(Stored data entries)

━━━

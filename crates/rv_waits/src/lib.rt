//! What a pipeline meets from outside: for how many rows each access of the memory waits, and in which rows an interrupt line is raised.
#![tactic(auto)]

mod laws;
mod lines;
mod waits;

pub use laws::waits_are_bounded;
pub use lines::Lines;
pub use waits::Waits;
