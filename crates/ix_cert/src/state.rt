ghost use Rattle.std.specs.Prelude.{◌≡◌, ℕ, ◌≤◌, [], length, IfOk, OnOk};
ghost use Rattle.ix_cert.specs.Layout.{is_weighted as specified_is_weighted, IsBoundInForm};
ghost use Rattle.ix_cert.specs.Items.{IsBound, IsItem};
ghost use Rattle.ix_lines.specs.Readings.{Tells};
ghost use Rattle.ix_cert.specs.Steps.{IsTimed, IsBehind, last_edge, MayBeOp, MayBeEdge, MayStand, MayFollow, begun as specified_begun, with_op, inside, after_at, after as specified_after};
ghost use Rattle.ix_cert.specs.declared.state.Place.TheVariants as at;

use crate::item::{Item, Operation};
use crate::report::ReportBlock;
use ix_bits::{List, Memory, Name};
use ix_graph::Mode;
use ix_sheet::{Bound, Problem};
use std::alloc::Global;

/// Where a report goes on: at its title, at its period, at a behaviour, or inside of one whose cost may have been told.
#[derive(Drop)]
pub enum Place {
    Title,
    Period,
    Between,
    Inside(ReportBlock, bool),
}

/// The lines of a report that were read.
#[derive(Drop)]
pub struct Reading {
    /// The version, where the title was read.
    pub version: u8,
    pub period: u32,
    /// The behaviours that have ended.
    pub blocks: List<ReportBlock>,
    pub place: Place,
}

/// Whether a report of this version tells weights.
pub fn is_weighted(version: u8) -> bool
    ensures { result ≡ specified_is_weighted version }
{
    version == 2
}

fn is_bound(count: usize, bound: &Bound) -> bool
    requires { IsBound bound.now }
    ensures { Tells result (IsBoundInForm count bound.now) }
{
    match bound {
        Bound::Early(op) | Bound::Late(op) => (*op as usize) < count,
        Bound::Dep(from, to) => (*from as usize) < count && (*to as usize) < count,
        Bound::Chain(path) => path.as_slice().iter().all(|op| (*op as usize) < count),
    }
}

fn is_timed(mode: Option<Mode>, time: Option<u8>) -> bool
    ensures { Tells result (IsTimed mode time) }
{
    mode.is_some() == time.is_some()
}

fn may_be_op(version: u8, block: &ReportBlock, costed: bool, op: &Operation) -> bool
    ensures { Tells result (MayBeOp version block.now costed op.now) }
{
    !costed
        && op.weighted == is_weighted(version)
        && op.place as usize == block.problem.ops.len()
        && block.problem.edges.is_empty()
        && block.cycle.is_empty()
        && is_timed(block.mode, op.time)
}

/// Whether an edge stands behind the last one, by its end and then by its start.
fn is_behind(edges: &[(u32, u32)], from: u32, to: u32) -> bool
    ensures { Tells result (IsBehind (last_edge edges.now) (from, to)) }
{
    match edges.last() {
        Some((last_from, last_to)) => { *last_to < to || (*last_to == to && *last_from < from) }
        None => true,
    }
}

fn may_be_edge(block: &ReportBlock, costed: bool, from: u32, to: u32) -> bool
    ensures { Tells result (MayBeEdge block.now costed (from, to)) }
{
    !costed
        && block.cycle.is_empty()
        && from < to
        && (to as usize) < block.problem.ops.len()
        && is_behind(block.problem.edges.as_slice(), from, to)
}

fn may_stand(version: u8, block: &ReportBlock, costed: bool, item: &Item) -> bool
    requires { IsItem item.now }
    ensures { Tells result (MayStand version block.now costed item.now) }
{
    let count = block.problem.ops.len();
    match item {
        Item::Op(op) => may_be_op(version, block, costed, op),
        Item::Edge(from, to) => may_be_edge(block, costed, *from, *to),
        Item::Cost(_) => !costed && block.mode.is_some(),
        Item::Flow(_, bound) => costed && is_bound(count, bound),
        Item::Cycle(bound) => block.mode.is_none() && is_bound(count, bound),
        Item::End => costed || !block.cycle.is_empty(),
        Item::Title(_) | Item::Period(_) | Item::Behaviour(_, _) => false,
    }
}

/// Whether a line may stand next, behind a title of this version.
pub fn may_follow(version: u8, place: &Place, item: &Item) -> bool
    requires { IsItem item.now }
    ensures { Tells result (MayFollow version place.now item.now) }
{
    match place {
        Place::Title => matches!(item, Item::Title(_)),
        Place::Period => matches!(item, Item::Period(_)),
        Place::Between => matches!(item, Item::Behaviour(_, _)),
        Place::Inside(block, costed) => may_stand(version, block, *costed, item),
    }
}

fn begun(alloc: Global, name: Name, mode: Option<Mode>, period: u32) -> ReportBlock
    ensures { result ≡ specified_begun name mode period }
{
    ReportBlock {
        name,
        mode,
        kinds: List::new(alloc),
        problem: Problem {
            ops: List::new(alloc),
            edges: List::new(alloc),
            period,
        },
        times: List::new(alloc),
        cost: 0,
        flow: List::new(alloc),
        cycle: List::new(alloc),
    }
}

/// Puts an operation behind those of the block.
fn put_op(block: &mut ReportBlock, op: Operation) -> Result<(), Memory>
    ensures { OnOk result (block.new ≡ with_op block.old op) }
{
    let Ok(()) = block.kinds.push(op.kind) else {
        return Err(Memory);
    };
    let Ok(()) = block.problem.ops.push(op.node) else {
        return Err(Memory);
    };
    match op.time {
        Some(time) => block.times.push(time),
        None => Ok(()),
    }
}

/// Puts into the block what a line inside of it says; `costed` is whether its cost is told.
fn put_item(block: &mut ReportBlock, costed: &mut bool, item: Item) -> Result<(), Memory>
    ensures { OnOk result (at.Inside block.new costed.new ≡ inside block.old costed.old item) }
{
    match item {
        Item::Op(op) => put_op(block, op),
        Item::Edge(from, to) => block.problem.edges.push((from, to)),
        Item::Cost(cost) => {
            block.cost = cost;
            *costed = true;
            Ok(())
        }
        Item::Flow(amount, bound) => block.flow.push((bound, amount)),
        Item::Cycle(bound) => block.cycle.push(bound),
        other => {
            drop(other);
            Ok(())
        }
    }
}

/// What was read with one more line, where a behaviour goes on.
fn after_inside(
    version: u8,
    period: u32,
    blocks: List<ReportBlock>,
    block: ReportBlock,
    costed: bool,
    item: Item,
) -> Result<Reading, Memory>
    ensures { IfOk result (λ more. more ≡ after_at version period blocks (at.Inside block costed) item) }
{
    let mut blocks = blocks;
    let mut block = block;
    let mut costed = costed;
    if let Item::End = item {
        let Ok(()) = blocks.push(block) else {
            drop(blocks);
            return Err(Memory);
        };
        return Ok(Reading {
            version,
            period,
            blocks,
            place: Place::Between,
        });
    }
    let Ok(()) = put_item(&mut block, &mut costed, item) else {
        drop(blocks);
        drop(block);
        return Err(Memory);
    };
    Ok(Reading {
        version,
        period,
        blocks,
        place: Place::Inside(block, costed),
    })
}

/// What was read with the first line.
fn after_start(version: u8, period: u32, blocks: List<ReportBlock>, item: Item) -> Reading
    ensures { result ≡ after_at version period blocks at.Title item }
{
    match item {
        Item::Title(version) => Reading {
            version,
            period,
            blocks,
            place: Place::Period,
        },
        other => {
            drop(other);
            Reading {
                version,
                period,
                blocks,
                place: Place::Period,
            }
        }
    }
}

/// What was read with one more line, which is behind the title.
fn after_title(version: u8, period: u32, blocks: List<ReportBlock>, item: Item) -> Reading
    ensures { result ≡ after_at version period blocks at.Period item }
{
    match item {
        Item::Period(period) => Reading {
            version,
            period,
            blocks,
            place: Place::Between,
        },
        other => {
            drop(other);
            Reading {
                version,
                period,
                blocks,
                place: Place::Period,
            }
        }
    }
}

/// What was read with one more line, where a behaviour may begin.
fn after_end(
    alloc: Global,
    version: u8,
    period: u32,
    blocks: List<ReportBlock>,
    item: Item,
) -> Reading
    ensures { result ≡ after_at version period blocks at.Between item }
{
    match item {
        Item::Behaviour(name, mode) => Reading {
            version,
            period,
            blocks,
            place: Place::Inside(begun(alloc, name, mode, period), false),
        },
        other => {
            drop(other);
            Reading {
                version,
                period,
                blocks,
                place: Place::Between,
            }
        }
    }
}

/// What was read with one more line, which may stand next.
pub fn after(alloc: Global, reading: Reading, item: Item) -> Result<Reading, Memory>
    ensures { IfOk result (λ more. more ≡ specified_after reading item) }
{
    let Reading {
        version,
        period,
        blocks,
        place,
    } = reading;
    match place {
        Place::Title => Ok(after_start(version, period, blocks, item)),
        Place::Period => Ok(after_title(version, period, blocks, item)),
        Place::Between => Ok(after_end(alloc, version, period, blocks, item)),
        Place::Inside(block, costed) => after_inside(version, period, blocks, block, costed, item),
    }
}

━━━

> [What is required]
Keep to the lines above, from the first one through the line where "MayStand, MayFollow, begun" appears, and copy them exactly.

> [Your solution]
filename crates/rv_waits/src/lib.rt
//! What a pipeline meets from outside: for how many rows each access of the memory waits, and in which rows an interrupt line is raised.
#![tactic(auto)]

mod laws;
mod lines;
mod waits;

pub use laws::waits_are_bounded;
pub use lines::Lines;
pub use waits::Waits;
filename crates/ix_cert/src/state.rt
ghost use Rattle.std.specs.Prelude.{◌≡◌, ℕ, ◌≤◌, [], length, IfOk, OnOk};
ghost use Rattle.ix_cert.specs.Layout.{is_weighted as specified_is_weighted, IsBoundInForm};
ghost use Rattle.ix_cert.specs.Items.{IsBound, IsItem};
ghost use Rattle.ix_lines.specs.Readings.{Tells};
ghost use Rattle.ix_cert.specs.Steps.{IsTimed, IsBehind, last_edge, MayBeOp, MayBeEdge, MayStand, MayFollow, begun as specified_begun, with_op, inside, after_at, after as specified_after};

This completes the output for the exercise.